The book documents one woman's version of her experiences of the Great Depression, highlighting her battle to maintain her respectability while ensuring she can support her children.
At the time, Australian bars were segregated on gender lines, so the barmaid was the only female present in the main bar. As a result, barmaids had a bad name because a woman working in such conditions was regarded as morally suspect, perhaps luring men into spending their money in bars, perhaps soliciting commercial sex. Indeed, Caddie makes reference to the numerous sexual advances made towards her, both in her role as barmaid and in situations where it would benefit her, such as from the teacher at her children's school. She shows how she remained morally respectable in this regard, and shows how her other illegal activities - SP bookmaking, signing up for multiple welfare payments - were for the benefit of her family and friends.

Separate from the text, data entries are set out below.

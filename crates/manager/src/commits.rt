// What carries a plan out. Of the board a commit asks only how many colours it has.
#![tactic(auto, unfolding(crate::specs::Tables::refill))]

ghost use Rattle.std.specs.Prelude.{◌≡◌, ℕ};
ghost use Rattle.board.specs.declared.Board as any;
ghost use Rattle.manager.specs.Answers.{numbered_by, outcome_by};
ghost use Rattle.manager.specs.Calls.{commit_map, commit_unmap, commit_change, call_result, step_result};
ghost use Rattle.manager.specs.Tables.{tables, Colours};

use super::records::{put_record, refill};
use super::{Change, FrameOps};
use board::BOARD01;
use mapping::{Mapping, MappingList};
use page_model::FrameRecord;

// The colours of the board that the calls run on. Commits take this number, not the board: the compiler then knows it where a page's colour is
// found, and makes no division there.
pub const COLOURS: usize = BOARD01.colours;

// Lists a mapping at a place, and hands back the list.
pub fn commit_map(
    colours: usize,
    list: MappingList,
    records: &[u32],
    protections: &mut [u8],
    place: usize,
    m: Mapping,
) -> MappingList
    requires { Colours colours }
    ensures { (b : any.Board) → b.colours ≡ colours
        → tables result records.now protections.new ≡ commit_map b (tables list records.now protections.old) place m }
{
    let next = mapping::insert_at(list, place, m);
    refill(colours, next, records, protections);
    next
}

// Takes the mapping at a place off the list, and hands back the list.
pub fn commit_unmap(
    colours: usize,
    list: MappingList,
    records: &[u32],
    protections: &mut [u8],
    place: usize,
) -> MappingList
    requires { Colours colours }
    ensures { (b : any.Board) → b.colours ≡ colours
        → tables result records.now protections.new ≡ commit_unmap b (tables list records.now protections.old) place }
{
    let next = mapping::remove(list, place);
    refill(colours, next, records, protections);
    next
}

// Stores a frame's next record, and brings the protections up to it.
#[inline(always)]
pub fn commit_change(
    colours: usize,
    list: MappingList,
    records: &mut [u32],
    protections: &mut [u8],
    frame: u8,
    next: FrameRecord,
)
    requires { Colours colours }
    ensures { (b : any.Board) → b.colours ≡ colours
        → tables list records.new protections.new ≡ commit_change b (tables list records.old protections.old) frame next }
{
    put_record(records, frame, next);
    refill(colours, list, records, protections);
}

// Commits a step's change, and answers its operations.
#[inline(always)]
pub fn carry_out(
    colours: usize,
    list: MappingList,
    records: &mut [u32],
    protections: &mut [u8],
    change: Change,
) -> FrameOps
    requires { Colours colours }
    ensures operations { result ≡ record { frame = change.frame; ops = change.ops } }
    ensures tables { (b : any.Board) → b.colours ≡ colours
        → tables list records.new protections.new ≡ commit_change b (tables list records.old protections.old) change.frame change.next }
{
    let Change { frame, next, ops } = change;
    commit_change(colours, list, records, protections, frame, next);
    FrameOps { frame, ops }
}

// Carries a plan out, or hands on its refusal, of any type, and commits nothing.
pub fn commit_plan<E>(
    colours: usize,
    list: MappingList,
    records: &mut [u32],
    protections: &mut [u8],
    plan: Result<Change, E>,
) -> Result<FrameOps, E>
    requires { Colours colours }
    ensures { (b : any.Board) (number : E → ℕ) → b.colours ≡ colours
        → call_result (outcome_by number result) (tables list records.new protections.new)
        ≡ step_result b (tables list records.old protections.old) (numbered_by number plan) }
{
    let change = plan?;
    Ok(carry_out(colours, list, records, protections, change))
}
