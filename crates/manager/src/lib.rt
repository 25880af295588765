// The manager: keeps the page states of all frames and says which operations are due (document 01: orders). This file has what a plan and an answer say
// where a call is not refused, and the names by which a kernel calls it.
#![tactic(auto)]

pub mod batch;
mod calls;
pub mod commits;
pub mod lent;
pub mod plans;
pub mod records;
mod refusal;
pub mod refusals;

ghost use Rattle.std.specs.Prelude.{◌≡◌};
ghost use Rattle.manager.specs.Calls.{no_ops};

pub use calls::{
    begin_read, begin_write, bring_word, device_read, device_write, device_write_part,
    end_transfer, fetch, map, map_all, read, start, take_word, unmap, write,
};
use page_model::{FrameRecord, Op, Ops};
pub use refusal::{Refusal, number_in};

// The operations of a call, on one frame.
#[derive(Clone, Copy, Debug, PartialEq, Eq)]
pub struct FrameOps {
    pub frame: u8,
    pub ops: Ops,
}

// The accesses of the processor.
#[derive(Clone, Copy, Debug, PartialEq, Eq)]
pub enum AccessKind {
    Read,
    Write,
    Fetch,
}

// What a step makes of one frame's record.
#[derive(Clone, Copy, Debug, PartialEq, Eq)]
pub struct Change {
    pub frame: u8,
    pub next: FrameRecord,
    pub ops: Ops,
}

// No operations: the answer of an accepted call that needs none.
pub fn nothing() -> FrameOps
    ensures { result ≡ record { frame = 0; ops = no_ops } }
{
    FrameOps {
        frame: 0,
        ops: Ops {
            first: Op::None,
            second: Op::None,
        },
    }
}
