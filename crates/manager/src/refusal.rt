// Why a call is refused: the error of every call, plan and test.
ghost use Rattle.std.specs.Prelude.{◌≡◌};
ghost use Rattle.manager.specs.Answers.{refusal_number, refusal_in};

use std::error::Error;
use std::fmt;

// The causes of refusal, in the order in which they are tested: of two, the lesser is answered.
#[derive(Clone, Copy, Debug, PartialEq, Eq, PartialOrd, Ord)]
pub enum Refusal {
    // A lent buffer of another length.
    WrongLength,
    // A list of more mappings than a batch has, or of not as many as there are answers.
    WrongBatch,
    // What is lent breaks its rules.
    BrokenRules,
    // A space or a page past its limit.
    NoSuchPage,
    NoSuchFrame,
    NoSuchRights,
    // An offset or a line past its limit.
    NoSuchOffset,
    // A part of a page without words, or with words past the page.
    NoSuchPart,
    AlreadyMapped,
    NotMapped,
    ListFull,
    // A write through rights that are not to read and write.
    NotWritable,
    // A fetch through rights that are not to read and fetch.
    NotFetchable,
    // A transfer that has begun bars the call.
    Busy,
    // A word or an end without its transfer.
    NoTransfer,
}

impl Refusal {
    // The number that stands for the refusal in a byte: a sheet's text, an answer of a list of mappings.
    pub fn number(self) -> u8
        ensures { result ≡ refusal_number self }
    {
        match self {
            Refusal::WrongLength => 1,
            Refusal::BrokenRules => 2,
            Refusal::NoSuchPage => 3,
            Refusal::NoSuchFrame => 4,
            Refusal::NoSuchRights => 5,
            Refusal::NoSuchOffset => 6,
            Refusal::AlreadyMapped => 7,
            Refusal::NotMapped => 8,
            Refusal::ListFull => 9,
            Refusal::NotWritable => 10,
            Refusal::WrongBatch => 12,
            Refusal::NoSuchPart => 13,
            Refusal::Busy => 15,
            Refusal::NoTransfer => 16,
            Refusal::NotFetchable => 17,
        }
    }
}

// The number of what a test refuses, or 0 where it refuses nothing.
pub fn number_in(test: Result<(), Refusal>) -> u8
    ensures { result ≡ refusal_in test }
{
    match test {
        Ok(()) => 0,
        Err(refusal) => refusal.number(),
    }
}

impl fmt::Display for Refusal {
    fn fmt<W: fmt::Write>(&self, f: &mut fmt::Formatter<W>) -> fmt::Result {
        f.write_str(match self {
            Refusal::WrongLength => "a lent buffer of another length",
            Refusal::WrongBatch => "too many mappings, or not as many as answers",
            Refusal::BrokenRules => "what is lent breaks its rules",
            Refusal::NoSuchPage => "no such page",
            Refusal::NoSuchFrame => "no such frame",
            Refusal::NoSuchRights => "no such rights",
            Refusal::NoSuchOffset => "no such offset or line",
            Refusal::NoSuchPart => "no such part of a page",
            Refusal::AlreadyMapped => "the page is mapped already",
            Refusal::NotMapped => "the page is not mapped",
            Refusal::ListFull => "the mapping list is full",
            Refusal::NotWritable => "the rights do not allow a write",
            Refusal::NotFetchable => "the rights do not allow a fetch",
            Refusal::Busy => "a transfer of the frame bars the call",
            Refusal::NoTransfer => "the frame has no such transfer",
        })
    }
}

impl Error for Refusal {}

The story makes reference to the six o'clock swill, written at a time shortly after the war when it was presumed that the reader would be familiar with the phenomenon. In an effort to minimise alcohol consumption, the Australian government legislated that bars were to close at 6pm. The result was an extreme rush between 5pm and 6pm.
Cusack notes how Caddie was reluctant to give any signs of complaint, but to take everything in her stride in order to meet the needs of her children. Cusack had Caddie rewrite the book several times in order to give more detail of the difficulties she faced and her feelings about them. The stoic strength of an Australian single woman "battler" is an underlying theme to the story.